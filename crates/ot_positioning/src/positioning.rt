//! The positions of the glyphs of a text, step by step.

ghost use Rattle.std.specs.Prelude.{◌≡◌, ◌↔◌, false, IfOk, IsSome, IsTrue};
ghost use Rattle.ot_positioning.specs.Stays.{Stays};
ghost use Rattle.script_shapers.specs.Shapers.{width_of};
ghost use Rattle.shaping_buffer.specs.KeepsClusters.{KeepsClusters};
ghost use Rattle.shaping_buffer.specs.State.{HasPositions};

use crate::fallback_marks::position_marks;
use crate::lookups::position_by_lookups;
use font_face::Face;
use font_functions::FontFunctions;
use ot_attachments::position_finish_offsets;
use ot_map::OtShapePlan;
use ot_plan::{Step, TextPlan, Watch};
use ot_positions::{
    position_glyphs, track, zero_mark_widths, zero_width_default_ignorables,
    zero_width_deleted_glyphs,
};
use script_shapers::ZeroWidthMarks;
use shaping_buffer::{Direction, hb_buffer_t};
use std::alloc::AllocError;

/// Positions the glyphs: by the font's advances, by its lookups, and marks without a width of their own. `direction` is the way in
/// which the line was said to run.
#[tactic(auto, using(shaping_buffer::proofs::ClosedKeepsLemmas::kept))]
pub fn position<F: FontFunctions, W: Watch>(
    buffer: &mut hb_buffer_t,
    face: &Face,
    font: &F,
    plan: &TextPlan,
    direction: Direction,
    watch: &mut W,
) -> Result<(), AllocError>
    requires { buffer.old.have_output ≡ false }
    ensures closed { IfOk result (λ _. buffer.new.have_output ≡ false) }
    ensures placed { IfOk result (λ _. IsSome buffer.new.positions) }
    ensures keeps { KeepsClusters buffer.old buffer.new }
{
    position_glyphs(buffer, face, font)?;
    watch.step(Step::Advances, buffer)?;
    let adjusts = adjusts_marks(buffer, &plan.shape);
    zero_marks(buffer, zeroes_marks(plan, ZeroWidthMarks::Early), adjusts);
    position_by_lookups(buffer, face, font, &plan.shape, watch)?;
    track(buffer, face, plan.trak_mask);
    zero_marks(buffer, zeroes_marks(plan, ZeroWidthMarks::Late), adjusts);
    zero_deleted(buffer, plan);
    finish_positions(buffer, face, font, &plan.shape, direction)
}

/// Whether marks lose their width at this step.
fn zeroes_marks(plan: &TextPlan, step: ZeroWidthMarks) -> bool
    ensures { IsTrue result
        ↔ (IsTrue plan.now.shape.zero_marks) × (width_of plan.now.script.shaper ≡ step) }
{
    plan.shape.zero_marks && plan.script.shaper.zero_width_marks() == step
}

/// Whether a mark that loses its width is moved back by it.
fn adjusts_marks(buffer: &hb_buffer_t, plan: &OtShapePlan) -> bool {
    plan.adjust_mark_positioning_when_zeroing && buffer.direction.is_forward()
}

/// Takes the width of what is not to be seen, and places the glyphs that stand by others.
#[tactic(auto, using(shaping_buffer::proofs::ClosedKeepsLemmas::kept))]
fn finish_positions<F: FontFunctions>(
    buffer: &mut hb_buffer_t,
    face: &Face,
    font: &F,
    plan: &OtShapePlan,
    direction: Direction,
) -> Result<(), AllocError>
    requires placed { HasPositions buffer.old }
    ensures closed { IfOk result (λ _. buffer.new.have_output ≡ false) }
    ensures placed { IfOk result (λ _. IsSome buffer.new.positions) }
    ensures keeps { KeepsClusters buffer.old buffer.new }
{
    let adjusts = adjusts_marks(buffer, plan);
    zero_width_default_ignorables(buffer);
    position_finish_offsets(buffer);
    if plan.fallback_mark_positioning {
        position_marks(buffer, face, font, direction, adjusts)?;
    }
    Ok(())
}

/// Takes the width of glyphs that were deleted by Apple's table `morx`.
fn zero_deleted(buffer: &mut hb_buffer_t, plan: &TextPlan)
    requires placed { HasPositions buffer.old }
    ensures stays { Stays buffer.old buffer.new }
{
    if plan.chain_flags.is_some() {
        zero_width_deleted_glyphs(buffer);
    }
}

/// Takes the width of marks, where that is said.
fn zero_marks(buffer: &mut hb_buffer_t, zeroes: bool, adjusts: bool)
    requires placed { HasPositions buffer.old }
    ensures stays { Stays buffer.old buffer.new }
{
    if zeroes {
        zero_mark_widths(buffer, adjusts);
    }
}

§ **WORK ORDER**:
Only the lines from the one containing "zero_width_default_ignorables(buffer);" through the last line of the records are to be set down, exactly as they appear.

§ **RESULT FOR THIS TASK**:
    zero_width_default_ignorables(buffer);
    position_finish_offsets(buffer);
    if plan.fallback_mark_positioning {
        position_marks(buffer, face, font, direction, adjusts)?;
    }
    Ok(())
}

/// Takes the width of glyphs that were deleted by Apple's table `morx`.
fn zero_deleted(buffer: &mut hb_buffer_t, plan: &TextPlan)
    requires placed { HasPositions buffer.old }
    ensures stays { Stays buffer.old buffer.new }
{
    if plan.chain_flags.is_some() {
        zero_width_deleted_glyphs(buffer);
    }
}

/// Takes the width of marks, where that is said.
fn zero_marks(buffer: &mut hb_buffer_t, zeroes: bool, adjusts: bool)
    requires placed { HasPositions buffer.old }
    ensures stays { Stays buffer.old buffer.new }
{
    if zeroes {
        zero_mark_widths(buffer, adjusts);
    }
}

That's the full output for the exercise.